Look through the records below and say how many lines include "leads". Give only that number.

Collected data
· · · · · · ·
//! The form of GPSS World that a line has and this language hasn't: where it stands, and what stands in its place.

ghost use Rattle.std.specs.Prelude.{◌≡◌, ◌++◌, IfOk, IfSome, OnOk};
ghost use Rattle.std.specs.List.{flat_map};
ghost use Rattle.gw_writing.specs.Text.{Puts};
ghost use Rattle.gw_forms.specs.Places.{IsWithin};
ghost use Rattle.gw_explain.specs.Shown.{bytes_of};
ghost use Rattle.gw_explain.specs.Marks.{AddsMarks, blank_under, mark_under, front_of_line, marks_under, goes_on as goes_on_with};
ghost use Rattle.gw_explain.specs.Sitting.{IsSiteOf};

use crate::lines::text_line;
use gw_forms::{Form, Found, find_form};
use gw_object::{Fault, Memory, Place};
use gw_writing::{put, put_number};
use std::alloc::Global;

/// A form that is left out, on the line of a number.
#[derive(Clone, Copy)]
pub(crate) struct Site<'a> {
    /// The number of the line, from 1.
    pub(crate) number: u32,
    /// The line.
    pub(crate) line: &'a [u8],
    /// The form, and where it stands on the line.
    pub(crate) found: Found,
}

/// The form on a line of this number, if one is known there that leads to a refusal of this code.
fn site_on<'a>(
    alloc: Global,
    lines: &[&'a [u8]],
    number: u32,
    code: u16,
) -> Result<Option<Site<'a>>, Memory>
    ensures { IfOk result (λ site. IfSome site
        (λ s. IsSiteOf (bytes_of lines.now) (Place.Line number) s)) }
{
    let line = text_line(lines, number);
    match find_form(alloc, line, code)? {
        Some(found) => Ok(Some(Site {
            number,
            line,
            found,
        })),
        None => Ok(None),
    }
}

/// The form on the line of a refusal, if one is known there that leads to it.
pub(crate) fn site_of<'a>(
    alloc: Global,
    lines: &[&'a [u8]],
    fault: Fault,
) -> Result<Option<Site<'a>>, Memory>
    ensures { IfOk result (λ site. IfSome site
        (λ s. IsSiteOf (bytes_of lines.now) fault.place s)) }
{
    match fault.place {
        Place::Line(number) => site_on(alloc, lines, number, fault.code),
        _ => Ok(None),
    }
}

/// Whether a byte goes on with a letter of several bytes.
fn goes_on(byte: u8) -> bool
    ensures { result ≡ goes_on_with byte }
{
    (128..192).contains(&byte)
}

/// What stands under a byte that isn't at fault.
fn put_blank(out: &mut Vec<u8>, byte: u8) -> Result<(), Memory>
    ensures { Puts result out.old out.new (blank_under byte) }
{
    if goes_on(byte) {
        return Ok(());
    }
    put(out, if byte == 9 { "\t" } else { " " })
}

/// What stands under one that is.
fn put_caret(out: &mut Vec<u8>, byte: u8) -> Result<(), Memory>
    ensures { Puts result out.old out.new (mark_under byte) }
{
    if goes_on(byte) {
        return Ok(());
    }
    put(out, "^")
}

/// What stands under bytes that aren't at fault.
fn put_blanks(out: &mut Vec<u8>, bytes: &[u8]) -> Result<(), Memory>
    ensures { Puts result out.old out.new (flat_map blank_under bytes.now) }
{
    for byte in bytes {
        put_blank(out, *byte)?;
    }
    Ok(())
}

/// What stands under bytes that are.
fn put_carets(out: &mut Vec<u8>, bytes: &[u8]) -> Result<(), Memory>
    ensures { Puts result out.old out.new (flat_map mark_under bytes.now) }
{
    for byte in bytes {
        put_caret(out, *byte)?;
    }
    Ok(())
}

/// What stands before a line of this number where it is shown, and a front of the line.
fn front_with(alloc: Global, number: u32, front: &[u8]) -> Result<Vec<u8>, Memory>
    ensures { IfOk result (λ text. text.items ≡ front_of_line number ++ front.now) }
{
    let mut text = Vec::new(alloc);
    put_number(&mut text, "line ", number)?;
    put(&mut text, " | ")?;
    text.extend_from_slice(front)?;
    Ok(text)
}

/// The line of marks below a line, under the bytes from one place to another.
fn put_marks_under(
    alloc: Global,
    out: &mut Vec<u8>,
    number: u32,
    line: &[u8],
    from: usize,
    to: usize,
) -> Result<(), Memory>
    requires { IsWithin from to line.now }
    ensures { Puts result out.old out.new (marks_under number line.now from to) }
{
    let front = front_with(alloc, number, &line[..from])?;
    put_blanks(out, &front)?;
    put_carets(out, &line[from..to])?;
    put(out, "\n")
}

/// The marks below the line of a place, under the form that stands there, if one does.
pub(crate) fn put_marks(
    alloc: Global,
    out: &mut Vec<u8>,
    lines: &[&[u8]],
    place: Place,
    site: Option<Site<'_>>,
) -> Result<(), Memory>
    requires { IfSome site (λ s. IsSiteOf (bytes_of lines.now) place s) }
    ensures { OnOk result
        (AddsMarks (bytes_of lines.now) place out.old.items out.new.items) }
{
    match site {
        Some(s) => put_marks_under(alloc, out, s.number, s.line, s.found.from, s.found.to),
        None => Ok(()),
    }
}

/// What a form is in GPSS World, and what stands in its place here, each in a line, and below them lines that do so.
fn put_form(out: &mut Vec<u8>, form: Form) -> Result<(), Memory> {
    put(out, "known: ")?;
    put(out, form.name)?;
    put(out, ": in GPSS World ")?;
    put(out, form.gpss)?;
    put(out, "\nhere: ")?;
    put(out, form.here)?;
    if form.example.is_empty() {
        return put(out, "\n");
    }
    put(out, "; for example\n")?;
    put(out, form.example)?;
    put(out, "\n")
}

/// What is known of a refusal, and behind it the words on the form at its site, if one stands there.
pub(crate) fn put_words_on_site(
    out: &mut Vec<u8>,
    known: &[u8],
    site: Option<Site<'_>>,
) -> Result<(), Memory> {
    out.extend_from_slice(known)?;
    match site {
        Some(site) => put_form(out, site.found.form),
        None => Ok(()),
    }
}
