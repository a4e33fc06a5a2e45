//! The names of the codes of refusals (docs/refusals.md).

ghost use Rattle.std.specs.Prelude.{◌≡◌, map};
ghost use Rattle.gw_answers.specs.Refusal as model;

use crate::codes as job_codes;
use gw_names::codes as names_codes;
use gw_object::codes as object_codes;
use gw_rules::{flow_codes, kinds_codes, plus_codes, weights_codes};
use gw_text::codes as text_codes;

/// All codes, ascending, with their names.
pub const NAMES: [(u16, &str); 63] = [
    (object_codes::TRUNCATED, "Truncated"),
    (object_codes::MAGIC, "Magic"),
    (object_codes::VERSION, "Version"),
    (object_codes::TAG, "Tag"),
    (object_codes::LIMIT, "Limit"),
    (object_codes::NOT_CANONICAL, "NotCanonical"),
    (object_codes::TRAILING, "Trailing"),
    (object_codes::MEMORY, "Memory"),
    (kinds_codes::WRONG_KIND, "WrongKind"),
    (kinds_codes::NO_ENTITY, "NoEntity"),
    (kinds_codes::NO_BLOCK, "NoBlock"),
    (kinds_codes::ENTERS_GENERATE, "EntersGenerate"),
    (kinds_codes::FALLS_OFF, "FallsOff"),
    (kinds_codes::BAD_CONSTANT, "BadConstant"),
    (flow_codes::UNSET_PARAM, "UnsetParam"),
    (flow_codes::ALREADY_OWNED, "AlreadyOwned"),
    (flow_codes::NOT_OWNER, "NotOwner"),
    (flow_codes::TOO_FEW_UNITS, "TooFewUnits"),
    (flow_codes::OWNS_AT_END, "OwnsAtEnd"),
    (flow_codes::EDGE_STATE, "EdgeState"),
    (flow_codes::CHAIN_STATE, "ChainState"),
    (flow_codes::PARAM_KIND, "ParamKind"),
    (flow_codes::OVER_CAPACITY, "OverCapacity"),
    (plus_codes::STACK_HEIGHT, "StackHeight"),
    (plus_codes::STACK_EMPTY, "StackEmpty"),
    (plus_codes::BAD_JUMP, "BadJump"),
    (plus_codes::CALL_ORDER, "CallOrder"),
    (plus_codes::TOO_COSTLY, "TooCostly"),
    (plus_codes::NEEDS_PARAM, "NeedsParam"),
    (weights_codes::WEIGHT_EDGE, "WeightEdge"),
    (weights_codes::CHAIN_WEIGHT, "ChainWeight"),
    (weights_codes::ARRIVAL_WEIGHT, "ArrivalWeight"),
    (weights_codes::SLOPE_PARAM, "SlopeParam"),
    (job_codes::SEED, "Seed"),
    (job_codes::COUNT, "Count"),
    (job_codes::BUDGET, "Budget"),
    (job_codes::JOB_MEMORY, "Memory"),
    (job_codes::WORKERS, "Workers"),
    (job_codes::SLICE, "Slice"),
    (job_codes::SPAWN, "Spawn"),
    (job_codes::USER_FULL, "UserFull"),
    (job_codes::SERVICE_FULL, "ServiceFull"),
    (job_codes::JOURNAL_FULL, "JournalFull"),
    (job_codes::SERVICE_MEMORY, "Memory"),
    (job_codes::NOT_YOURS, "NotYours"),
    (job_codes::NOT_ENDED, "NotEnded"),
    (job_codes::CANCELLED, "Cancelled"),
    (job_codes::STRANGER, "Stranger"),
    (job_codes::ALREADY_ENDED, "AlreadyEnded"),
    (text_codes::LENGTH, "Length"),
    (text_codes::WORD, "Word"),
    (text_codes::OPERAND, "Operand"),
    (text_codes::EXPRESSION, "Expression"),
    (text_codes::LABEL, "Label"),
    (text_codes::LEFT_OUT, "LeftOut"),
    (text_codes::LIMIT, "Limit"),
    (text_codes::ORDER, "Order"),
    (names_codes::NAME, "Name"),
    (names_codes::STORAGE, "Storage"),
    (names_codes::LIMIT, "Limit"),
    (job_codes::PARAMETER, "Parameter"),
    (job_codes::ROW, "Row"),
    (job_codes::EXPERIMENT, "Experiment"),
];

/// The name that these rows give a code.
fn name_in(rows: &[(u16, &'static str)], code: u16) -> &'static str
    ensures { result.now ≡ model.name_in (map (λ row. (row.0, row.1.now)) rows.now) code }
{
    match rows {
        [] => "Unknown",
        [row, ..] if row.0 == code => row.1,
        [_, others @ ..] => name_in(others, code),
    }
}

/// The name of a refusal's code.
pub(crate) fn name(code: u16) -> &'static str
    ensures { result.now ≡ model.code_name code }
{
    name_in(&NAMES, code)
}
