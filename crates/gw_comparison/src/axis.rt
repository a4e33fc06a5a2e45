//! An upright axis.

ghost use Rattle.std.specs.Prelude.{◌≤◌, ◌<◌, ◌^◌};

/// An upright axis: 1 to 10 equal steps, of which some lie below 0.
#[derive(Clone, Copy)]
pub(crate) struct Frame {
    /// The step, in millionths.
    pub(crate) step: u128,
    /// How many steps lie below 0.
    pub(crate) below: u64,
    /// How many there are.
    pub(crate) steps: u64,
    ghost step_range: { (0 < step) × (step ≤ 2 ^ 70) },
    ghost below_range: { below ≤ 10 },
    ghost steps_range: { (0 < steps) × (steps ≤ 10) },
}
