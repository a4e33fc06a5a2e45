//! The differences of a point to another, by pairs of runs.

ghost use Rattle.std.specs.Prelude.{◌≡◌, ◌≤◌, ◌^◌, ◌++◌, OnOk, IfOk};
ghost use Rattle.gw_statistics.specs.Pairs.{differences as pair_differences};
ghost use Rattle.gw_comparison.specs.Differences as model;
ghost use Rattle.gw_comparison.specs.Points.{IsAccount};

use crate::accounts::{Account, account_in, account_of, column_of, is_told};
use crate::point::{Column, Point};
use gw_object::Memory;
use gw_statistics::{Summary, differences, put_told, told_half_width};
use gw_writing::{put_decimal, put_left, put_right};
use std::alloc::Global;

/// How wide a name is.
const NAME: usize = 40;

/// How wide a number is.
const NUMBER: usize = 16;

/// What the differences of two columns say: of each run that has a value in both, the second less the first.
pub(crate) fn account_between(
    alloc: Global,
    first: &Column,
    second: &Column,
) -> Result<Account, Memory>
    ensures { IfOk result (IsAccount
        (pair_differences first.now.values.items second.now.values.items)) }
{
    let values = differences(alloc, &first.values, &second.values)?;
    Ok(account_of(&values))
}

/// Whether a mean lies further from 0 than its half-width, and what rounding may add to it.
fn differs(mean: &i128, half_width: u128) -> bool
    requires { half_width ≤ 2 ^ 120 }
    ensures { result ≡ model.differs mean.now half_width }
{
    mean.unsigned_abs() > half_width + 2
}

/// What is said of a difference.
fn verdict_of(mean: &i128, half_width: u128) -> &'static str
    requires { half_width ≤ 2 ^ 120 }
    ensures { result.now ≡ model.verdict_of mean.now half_width }
{
    if differs(mean, half_width) {
        "  differs\n"
    } else {
        "  no difference seen\n"
    }
}

/// The half-width of a difference, and what is said of it, if it is known.
fn put_confidence(
    alloc: Global,
    out: &mut Vec<u8>,
    mean: &i128,
    half_width: Option<u128>,
) -> Result<(), Memory>
    ensures { OnOk result (out.new.items ≡ out.old.items ++ model.confidence mean.now half_width) }
{
    match half_width {
        Some(half_width) if half_width <= 1 << 120 => {
            let mut text = Vec::new(alloc);
            put_decimal(&mut text, 3, told_half_width(*mean, half_width))?;
            put_right(out, NUMBER, &text)?;
            out.extend_from_slice(verdict_of(mean, half_width).as_bytes())
        }
        _ => {
            put_right(out, NUMBER, b"-")?;
            out.extend_from_slice(b"\n")
        }
    }
}

/// The mean of a difference, its half-width, and what is said of it, if there are values.
#[tactic(auto, unfolding(crate::specs::Differences::summary_text))]
fn put_summary(alloc: Global, out: &mut Vec<u8>, summary: &Option<Summary>) -> Result<(), Memory>
    ensures { OnOk result (out.new.items ≡ out.old.items ++ model.summary_text summary.now) }
{
    match summary {
        Some(summary) => {
            let mut text = Vec::new(alloc);
            put_told(&mut text, &summary.mean)?;
            put_right(out, NUMBER, &text)?;
            put_confidence(alloc, out, &summary.mean, summary.half_width)
        }
        None => {
            put_right(out, NUMBER, b"-")?;
            put_right(out, NUMBER, b"-")?;
            out.extend_from_slice(b"\n")
        }
    }
}

/// The mean of what values say, if they say anything.
#[tactic(auto, unfolding(crate::specs::Differences::mean_text))]
fn put_mean(alloc: Global, out: &mut Vec<u8>, summary: &Option<Summary>) -> Result<(), Memory>
    ensures { OnOk result (out.new.items ≡ out.old.items ++ model.mean_text summary.now) }
{
    match summary {
        Some(summary) => {
            let mut text = Vec::new(alloc);
            put_told(&mut text, &summary.mean)?;
            put_right(out, NUMBER, &text)
        }
        None => put_right(out, NUMBER, b"-"),
    }
}

/// The mean of a column.
fn put_mean_of(alloc: Global, out: &mut Vec<u8>, column: &Column) -> Result<(), Memory>
    ensures { OnOk result (model.AddsMean column.now out.old.items out.new.items) }
{
    let account = account_in(alloc, column)?;
    put_mean(alloc, out, &account.summary)
}

/// What the differences of two columns say.
fn put_difference(
    alloc: Global,
    out: &mut Vec<u8>,
    first: &Column,
    second: &Column,
) -> Result<(), Memory>
    ensures { OnOk result (model.AddsDifference first.now second.now out.old.items out.new.items) }
{
    let account = account_between(alloc, first, second)?;
    put_summary(alloc, out, &account.summary)
}

/// The row of a figure.
fn put_row(alloc: Global, out: &mut Vec<u8>, first: &Column, second: &Column) -> Result<(), Memory>
    ensures { OnOk result (model.AddsRow first.now second.now out.old.items out.new.items) }
{
    put_left(out, NAME, &first.name)?;
    put_mean_of(alloc, out, first)?;
    put_mean_of(alloc, out, second)?;
    put_difference(alloc, out, first, second)
}

/// The row of a figure, where the other point has it too and it is told.
fn put_row_if_told(
    alloc: Global,
    out: &mut Vec<u8>,
    first: &Column,
    others: &[Column],
    all: bool,
) -> Result<(), Memory>
    ensures { OnOk result
        (model.AddsRowIfTold all first.now others.now out.old.items out.new.items) }
{
    if !is_told(first, all) {
        return Ok(());
    }
    match column_of(others, &first.name) {
        Some(second) => put_row(alloc, out, first, second),
        None => Ok(()),
    }
}

/// The rows of the figures that two points have.
#[tactic(auto, unfolding(crate::specs::Differences::AddsRows))]
fn put_rows(
    alloc: Global,
    out: &mut Vec<u8>,
    first: &[Column],
    others: &[Column],
    all: bool,
) -> Result<(), Memory>
    ensures { OnOk result (model.AddsRows all first.now others.now out.old.items out.new.items) }
{
    for i in 0..first.len() {
        put_row_if_told(alloc, out, &first[i], others, all)?;
    }
    Ok(())
}

/// What is taken off.
fn put_less(out: &mut Vec<u8>, first: &[u8]) -> Result<(), Memory>
    ensures { OnOk result (out.new.items ≡ out.old.items ++ model.less first.now) }
{
    out.extend_from_slice(b" LESS ")?;
    out.extend_from_slice(first)?;
    out.extend_from_slice(b"\n")
}

/// What is less than what.
#[tactic(auto, unfolding(crate::specs::Differences::title))]
fn put_title(out: &mut Vec<u8>, first: &[u8], second: &[u8]) -> Result<(), Memory>
    ensures { OnOk result (out.new.items ≡ out.old.items ++ model.title first.now second.now) }
{
    out.extend_from_slice(b"DIFFERENCE ")?;
    out.extend_from_slice(second)?;
    put_less(out, first)
}

/// What the columns are.
fn put_heads(out: &mut Vec<u8>, first: &[u8], second: &[u8]) -> Result<(), Memory>
    ensures { OnOk result (out.new.items ≡ out.old.items ++ model.heads first.now second.now) }
{
    put_left(out, NAME, b"FIGURE")?;
    put_right(out, NUMBER, first)?;
    put_right(out, NUMBER, second)?;
    put_right(out, NUMBER, b"DIFFERENCE")?;
    put_right(out, NUMBER, b"HALF-WIDTH")?;
    out.extend_from_slice(b"\n")
}

/// The differences of a point to the first, by pairs of runs: for each figure that both have the mean at the first, that at the
/// point, the mean of what it is more there than at the first in the same run, the half-width of its 95 % confidence interval, and whether it `differs`: whether
/// the interval leaves 0 out. Where it doesn't, there is `no difference seen`.
pub fn put_differences(
    alloc: Global,
    out: &mut Vec<u8>,
    first: &Point,
    second: &Point,
    all: bool,
) -> Result<(), Memory>
    ensures { OnOk result
        (model.AddsDifferences all first.now second.now out.old.items out.new.items) }
{
    put_title(out, &first.name, &second.name)?;
    put_heads(out, &first.name, &second.name)?;
    put_rows(alloc, out, &first.columns, &second.columns, all)
}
· · · · · · ·
_Answer for the task_.
2